沖縄は23日、太平洋戦争末期に国内最大の地上戦となった沖縄戦の犠牲者を追悼する「慰霊の日」を迎えた。79年前、最後の激戦が繰り広げられた糸満市摩文仁の平和祈念公園では、県主催の「沖縄全戦没者追悼式」が開かれ、遺族らが犠牲となった約20万人の冥福を祈り、平和への誓いを新たにした。

追悼式には、玉城デニー知事や遺族らのほか、岸田文雄首相や衆参両院議長らが出席。犠牲者に黙とうをささげ、参列者が献花した。

玉城知事は平和宣言で、複雑化する安全保障環境に「平和的外交、対話による課題解決が求められている」と述べ、「恒久平和の確立に向けて、共に絶え間ない努力を続けていきましょう」と呼び掛けた。

また、広大な米軍基地による「過重な基地負担が今なお続いている」と指摘。基地の整理・縮小と、普天間飛行場(宜野湾市)の名護市辺野古移設断念などを求めた上で、政府が進める南西諸島の防衛力強化を念頭に「悲惨な沖縄戦の記憶と相まって、県民は強い不安を抱いている」と訴えた。

岸田首相はあいさつで、「平和の礎に刻まれた戦没者の無念、残された遺族の悲しみや喪失感を思うとき、胸ふさがる思いを禁じ得ない」と話した。
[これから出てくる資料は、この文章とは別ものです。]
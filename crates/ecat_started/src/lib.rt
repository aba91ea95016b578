#![tactic(auto)]
//! A line that was started meets the certificate of its work: the ring that a start leaves is one of which
//! the promises about cycles hold (IEC 61158-6-12, AL management; IEC 61158-4-12, sync manager and FMMU
//! entities).
//!
//! A master is told what stands in slaves that the mapping checker accepted with a work
//! ([`ec_run::Wanted`]). It starts a line by that ([`ecat_master::start`]), and then makes cycles on a ring
//! that nobody checked. The laws here join the two ends. There is nothing to run: a law is the contract of a
//! function with an empty body, which is cited where it is called.
//!
//! - [`certified_line`]: over a ring with at most one link down, of which nothing is lost, the ring behind a
//!   start that was answered with Ok is an accepted line of the work, and what is expected of the work's
//!   counters is what its slaves add; whatever stood in it before, and in whatever order its slaves stand.
//! - [`set_up_line`]: so is each ring of which that is known which a start gives: as many slaves as the line,
//!   one for each station address, and their records as they are wanted.
//! - [`mailboxes_stand`]: sync managers 0 and 1 of each slave stand as they were wanted behind such a start,
//!   as its other records do ([`ecat_master::started_line`]).
//! - [`certified_cycle`]: what a cycle over a network comes to is of such a ring.
//! - [`never_fails`]: a start over such a ring has no cause of a fault where its slaves fit what is wanted of
//!   them, and are those that are wanted. Its parts are laws of their own: [`counted_right`], [`cable_told`]
//!   and [`stations_given`].
//!
//! The definitions are in specs/: `Certified`, a line that is told what stands in accepted slaves, and what a
//! ring is then; `Startable`, a ring of whose slaves a line can be started.

mod cycle;
mod mailboxes;
mod set_up;
mod started;
mod succeeds;

pub use cycle::certified_cycle;
pub use mailboxes::mailboxes_stand;
pub use set_up::set_up_line;
pub use started::certified_line;
pub use succeeds::{cable_told, counted_right, never_fails, stations_given};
「国家戦略として沖縄振興を総合的に進める」とした一方、基地問題については「大きな負担を担っていただいていることを重く受け止め、負担の軽減に全力を尽くす」と述べるにとどめた。

式典では、県立宮古高校3年の仲間友佑さん(18)が平和の詩「これから」を朗読。詩には、世界各地で戦争が続く現状に、平和を祈り続ける決意を込めた。

1945年6月23日は、日本軍の司令官が摩文仁で自決し、組織的戦闘が終結した日とされる。犠牲者の名前を刻む同公園内の「平和の礎」には今年新たに181人の名前が追加され、刻銘者は計24万2225人となった。